◆ **TASK REQUIREMENTS**
Which lines in the records below include the word "pair"? Report each of them in full.

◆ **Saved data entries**
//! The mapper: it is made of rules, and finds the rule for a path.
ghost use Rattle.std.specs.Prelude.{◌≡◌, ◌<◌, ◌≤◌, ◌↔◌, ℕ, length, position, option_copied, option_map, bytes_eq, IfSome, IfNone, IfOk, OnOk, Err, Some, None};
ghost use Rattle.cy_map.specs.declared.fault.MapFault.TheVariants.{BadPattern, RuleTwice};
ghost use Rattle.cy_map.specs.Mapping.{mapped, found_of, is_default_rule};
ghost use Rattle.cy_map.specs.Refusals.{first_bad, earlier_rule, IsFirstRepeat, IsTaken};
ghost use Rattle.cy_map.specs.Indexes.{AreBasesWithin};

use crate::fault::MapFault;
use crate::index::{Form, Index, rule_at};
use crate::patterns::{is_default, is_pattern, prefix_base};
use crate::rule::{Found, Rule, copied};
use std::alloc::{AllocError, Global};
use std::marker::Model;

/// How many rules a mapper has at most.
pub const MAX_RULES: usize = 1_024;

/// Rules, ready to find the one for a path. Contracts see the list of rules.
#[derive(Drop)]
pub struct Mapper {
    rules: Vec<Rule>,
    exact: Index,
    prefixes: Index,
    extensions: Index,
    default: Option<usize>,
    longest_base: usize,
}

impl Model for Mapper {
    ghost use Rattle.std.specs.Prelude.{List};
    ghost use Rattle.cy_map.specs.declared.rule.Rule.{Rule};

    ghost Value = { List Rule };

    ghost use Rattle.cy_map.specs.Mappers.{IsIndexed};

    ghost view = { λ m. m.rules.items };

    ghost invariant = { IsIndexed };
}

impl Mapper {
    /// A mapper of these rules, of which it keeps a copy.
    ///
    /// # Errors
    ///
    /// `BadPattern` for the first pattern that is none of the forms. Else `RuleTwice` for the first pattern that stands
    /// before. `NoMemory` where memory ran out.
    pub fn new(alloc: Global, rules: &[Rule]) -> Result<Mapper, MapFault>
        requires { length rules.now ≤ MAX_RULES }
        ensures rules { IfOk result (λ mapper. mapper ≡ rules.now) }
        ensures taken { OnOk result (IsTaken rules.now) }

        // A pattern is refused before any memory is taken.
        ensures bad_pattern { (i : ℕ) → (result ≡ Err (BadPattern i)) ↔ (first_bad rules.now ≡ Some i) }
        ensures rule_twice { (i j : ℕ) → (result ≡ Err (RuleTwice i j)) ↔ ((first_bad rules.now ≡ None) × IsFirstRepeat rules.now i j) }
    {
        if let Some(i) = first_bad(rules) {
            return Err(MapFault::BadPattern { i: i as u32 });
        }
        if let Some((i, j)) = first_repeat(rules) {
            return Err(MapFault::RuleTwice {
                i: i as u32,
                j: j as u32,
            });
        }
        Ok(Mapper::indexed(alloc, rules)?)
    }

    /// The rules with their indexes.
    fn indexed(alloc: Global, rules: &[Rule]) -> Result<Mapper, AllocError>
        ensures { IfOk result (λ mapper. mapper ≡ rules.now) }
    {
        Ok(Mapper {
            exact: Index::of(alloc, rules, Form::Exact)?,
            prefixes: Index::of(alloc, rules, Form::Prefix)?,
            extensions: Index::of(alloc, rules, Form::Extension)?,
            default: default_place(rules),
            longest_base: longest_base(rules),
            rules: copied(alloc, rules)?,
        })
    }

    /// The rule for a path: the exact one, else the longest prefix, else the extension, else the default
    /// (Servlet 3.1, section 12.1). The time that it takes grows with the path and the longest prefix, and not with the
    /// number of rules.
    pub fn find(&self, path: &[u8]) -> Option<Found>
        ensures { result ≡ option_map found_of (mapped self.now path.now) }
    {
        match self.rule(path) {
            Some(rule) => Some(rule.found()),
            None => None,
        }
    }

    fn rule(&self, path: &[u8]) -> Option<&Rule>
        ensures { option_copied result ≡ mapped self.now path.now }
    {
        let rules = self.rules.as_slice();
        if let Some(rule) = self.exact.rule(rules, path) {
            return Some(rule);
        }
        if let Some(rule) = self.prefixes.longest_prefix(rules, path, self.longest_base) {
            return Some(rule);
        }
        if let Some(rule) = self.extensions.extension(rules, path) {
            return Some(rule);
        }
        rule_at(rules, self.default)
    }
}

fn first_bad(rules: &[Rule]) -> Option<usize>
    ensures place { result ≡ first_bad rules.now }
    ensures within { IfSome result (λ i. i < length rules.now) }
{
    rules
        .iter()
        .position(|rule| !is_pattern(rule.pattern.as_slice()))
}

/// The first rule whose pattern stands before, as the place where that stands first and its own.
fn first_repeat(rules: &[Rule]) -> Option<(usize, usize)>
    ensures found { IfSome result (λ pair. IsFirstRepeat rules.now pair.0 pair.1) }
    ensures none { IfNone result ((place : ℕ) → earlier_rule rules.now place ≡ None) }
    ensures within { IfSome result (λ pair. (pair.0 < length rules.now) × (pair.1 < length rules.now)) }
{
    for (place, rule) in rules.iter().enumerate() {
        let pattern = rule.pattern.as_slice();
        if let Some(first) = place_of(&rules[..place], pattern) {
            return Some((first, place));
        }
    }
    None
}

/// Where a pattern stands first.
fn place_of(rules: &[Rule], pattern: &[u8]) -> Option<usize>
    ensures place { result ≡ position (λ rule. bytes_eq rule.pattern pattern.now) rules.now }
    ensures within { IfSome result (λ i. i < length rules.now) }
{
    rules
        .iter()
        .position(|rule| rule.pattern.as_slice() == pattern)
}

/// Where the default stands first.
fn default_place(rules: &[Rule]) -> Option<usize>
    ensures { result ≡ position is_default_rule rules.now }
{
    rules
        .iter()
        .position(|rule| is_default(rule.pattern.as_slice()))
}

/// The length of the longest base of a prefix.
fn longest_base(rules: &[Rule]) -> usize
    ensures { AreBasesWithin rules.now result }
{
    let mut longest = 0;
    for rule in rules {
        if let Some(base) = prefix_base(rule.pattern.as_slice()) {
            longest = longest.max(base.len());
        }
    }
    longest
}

--

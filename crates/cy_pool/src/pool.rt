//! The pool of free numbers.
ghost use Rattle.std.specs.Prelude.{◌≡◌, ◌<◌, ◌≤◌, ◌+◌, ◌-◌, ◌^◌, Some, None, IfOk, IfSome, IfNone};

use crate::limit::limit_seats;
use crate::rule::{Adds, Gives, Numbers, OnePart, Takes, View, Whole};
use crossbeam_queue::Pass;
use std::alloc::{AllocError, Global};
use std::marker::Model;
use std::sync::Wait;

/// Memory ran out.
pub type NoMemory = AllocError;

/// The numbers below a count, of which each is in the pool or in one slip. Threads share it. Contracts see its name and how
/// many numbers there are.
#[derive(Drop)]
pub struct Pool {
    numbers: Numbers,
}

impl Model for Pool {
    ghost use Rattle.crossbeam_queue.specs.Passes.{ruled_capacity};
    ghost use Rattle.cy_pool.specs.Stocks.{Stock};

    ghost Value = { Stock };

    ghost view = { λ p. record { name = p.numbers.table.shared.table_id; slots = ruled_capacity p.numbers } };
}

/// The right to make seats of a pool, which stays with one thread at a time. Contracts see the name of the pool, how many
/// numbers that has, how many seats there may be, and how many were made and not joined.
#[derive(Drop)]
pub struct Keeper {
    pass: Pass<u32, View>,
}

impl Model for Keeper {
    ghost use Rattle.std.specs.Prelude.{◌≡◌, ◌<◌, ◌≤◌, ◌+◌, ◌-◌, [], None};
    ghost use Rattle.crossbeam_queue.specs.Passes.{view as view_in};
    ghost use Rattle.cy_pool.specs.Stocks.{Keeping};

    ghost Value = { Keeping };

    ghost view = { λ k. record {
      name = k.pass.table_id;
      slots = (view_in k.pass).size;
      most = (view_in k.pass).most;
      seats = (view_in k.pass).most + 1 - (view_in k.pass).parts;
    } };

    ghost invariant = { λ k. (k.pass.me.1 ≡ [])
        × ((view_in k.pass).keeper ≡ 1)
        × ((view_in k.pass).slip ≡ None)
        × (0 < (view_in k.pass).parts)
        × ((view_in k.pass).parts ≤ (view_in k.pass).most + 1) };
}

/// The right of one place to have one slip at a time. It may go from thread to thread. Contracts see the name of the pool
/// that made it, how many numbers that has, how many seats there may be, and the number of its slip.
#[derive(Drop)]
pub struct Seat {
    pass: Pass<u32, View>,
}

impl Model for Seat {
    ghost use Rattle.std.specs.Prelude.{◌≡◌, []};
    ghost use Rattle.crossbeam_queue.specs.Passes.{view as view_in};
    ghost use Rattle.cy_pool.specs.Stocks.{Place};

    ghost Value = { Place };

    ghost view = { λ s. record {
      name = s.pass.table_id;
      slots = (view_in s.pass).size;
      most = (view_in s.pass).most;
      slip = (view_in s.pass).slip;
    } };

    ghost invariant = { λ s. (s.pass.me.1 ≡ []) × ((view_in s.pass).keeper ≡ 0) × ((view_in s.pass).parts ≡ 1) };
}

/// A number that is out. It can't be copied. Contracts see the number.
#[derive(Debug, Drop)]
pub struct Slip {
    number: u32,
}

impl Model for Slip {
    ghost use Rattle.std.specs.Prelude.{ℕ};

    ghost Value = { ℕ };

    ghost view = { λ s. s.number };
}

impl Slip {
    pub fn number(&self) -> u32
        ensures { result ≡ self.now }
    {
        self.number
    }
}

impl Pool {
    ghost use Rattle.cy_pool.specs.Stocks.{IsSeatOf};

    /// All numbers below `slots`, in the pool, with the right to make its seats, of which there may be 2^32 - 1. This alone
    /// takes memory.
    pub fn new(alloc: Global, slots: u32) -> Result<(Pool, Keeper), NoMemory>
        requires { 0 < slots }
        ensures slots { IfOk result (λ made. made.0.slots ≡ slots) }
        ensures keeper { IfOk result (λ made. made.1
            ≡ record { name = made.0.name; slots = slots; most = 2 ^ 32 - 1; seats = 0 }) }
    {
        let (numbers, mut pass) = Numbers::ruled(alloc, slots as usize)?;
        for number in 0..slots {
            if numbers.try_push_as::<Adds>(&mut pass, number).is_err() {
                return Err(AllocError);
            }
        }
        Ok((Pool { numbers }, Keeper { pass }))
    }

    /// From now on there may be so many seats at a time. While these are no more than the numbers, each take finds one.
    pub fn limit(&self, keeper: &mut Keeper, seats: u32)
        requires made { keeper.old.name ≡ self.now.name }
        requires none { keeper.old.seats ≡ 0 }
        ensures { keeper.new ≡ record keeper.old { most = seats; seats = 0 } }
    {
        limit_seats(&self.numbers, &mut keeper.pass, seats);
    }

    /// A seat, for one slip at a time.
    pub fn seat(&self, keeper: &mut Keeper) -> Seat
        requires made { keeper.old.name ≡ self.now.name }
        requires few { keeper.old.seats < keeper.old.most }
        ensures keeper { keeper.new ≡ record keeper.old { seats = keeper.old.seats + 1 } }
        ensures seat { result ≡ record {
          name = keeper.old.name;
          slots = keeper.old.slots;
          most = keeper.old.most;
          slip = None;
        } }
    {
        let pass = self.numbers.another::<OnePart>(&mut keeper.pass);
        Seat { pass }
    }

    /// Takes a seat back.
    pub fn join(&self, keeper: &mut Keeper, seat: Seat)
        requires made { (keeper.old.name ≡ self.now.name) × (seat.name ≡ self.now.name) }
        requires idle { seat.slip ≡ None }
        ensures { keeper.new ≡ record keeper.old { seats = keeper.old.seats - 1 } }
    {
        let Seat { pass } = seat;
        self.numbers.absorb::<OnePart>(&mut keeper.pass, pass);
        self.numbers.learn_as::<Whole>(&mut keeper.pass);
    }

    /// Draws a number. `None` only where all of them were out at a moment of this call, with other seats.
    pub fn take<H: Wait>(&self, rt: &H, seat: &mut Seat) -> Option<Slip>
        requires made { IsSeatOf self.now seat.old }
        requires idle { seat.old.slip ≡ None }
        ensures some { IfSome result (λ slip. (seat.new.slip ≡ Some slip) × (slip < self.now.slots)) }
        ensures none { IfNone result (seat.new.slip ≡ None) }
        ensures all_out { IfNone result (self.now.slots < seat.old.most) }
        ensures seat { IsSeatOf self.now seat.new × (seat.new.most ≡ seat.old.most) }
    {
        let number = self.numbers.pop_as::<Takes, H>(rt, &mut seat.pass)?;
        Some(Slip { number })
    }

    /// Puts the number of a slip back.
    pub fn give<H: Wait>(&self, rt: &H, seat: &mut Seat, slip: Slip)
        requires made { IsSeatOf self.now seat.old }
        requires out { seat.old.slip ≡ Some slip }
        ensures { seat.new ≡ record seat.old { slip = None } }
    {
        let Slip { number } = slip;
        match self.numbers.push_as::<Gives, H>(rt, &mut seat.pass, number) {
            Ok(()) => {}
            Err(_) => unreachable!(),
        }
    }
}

==

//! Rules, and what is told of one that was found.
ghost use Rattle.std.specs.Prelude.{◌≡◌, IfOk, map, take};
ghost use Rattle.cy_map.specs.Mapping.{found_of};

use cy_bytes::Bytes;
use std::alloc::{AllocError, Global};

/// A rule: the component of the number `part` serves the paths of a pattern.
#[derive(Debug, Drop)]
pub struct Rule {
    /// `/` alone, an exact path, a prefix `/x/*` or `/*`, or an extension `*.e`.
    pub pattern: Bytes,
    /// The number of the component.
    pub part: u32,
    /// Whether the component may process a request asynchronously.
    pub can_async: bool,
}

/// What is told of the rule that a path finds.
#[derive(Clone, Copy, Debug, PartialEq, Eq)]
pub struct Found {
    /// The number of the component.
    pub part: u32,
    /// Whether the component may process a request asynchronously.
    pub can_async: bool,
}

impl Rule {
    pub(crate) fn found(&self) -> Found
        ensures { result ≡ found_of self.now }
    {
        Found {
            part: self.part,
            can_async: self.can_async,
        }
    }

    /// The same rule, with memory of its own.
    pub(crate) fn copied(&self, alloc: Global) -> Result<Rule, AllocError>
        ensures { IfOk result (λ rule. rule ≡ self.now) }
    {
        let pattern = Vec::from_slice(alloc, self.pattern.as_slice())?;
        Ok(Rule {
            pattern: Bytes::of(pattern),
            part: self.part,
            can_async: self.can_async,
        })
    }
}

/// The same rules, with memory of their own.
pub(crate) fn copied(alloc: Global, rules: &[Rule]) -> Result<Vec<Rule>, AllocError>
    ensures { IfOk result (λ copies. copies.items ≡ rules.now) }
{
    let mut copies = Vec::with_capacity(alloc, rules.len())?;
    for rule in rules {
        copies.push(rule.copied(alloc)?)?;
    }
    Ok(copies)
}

◆ **TASK RESPONSE**
    ensures found { IfSome result (λ pair. IsFirstRepeat rules.now pair.0 pair.1) }
    ensures within { IfSome result (λ pair. (pair.0 < length rules.now) × (pair.1 < length rules.now)) }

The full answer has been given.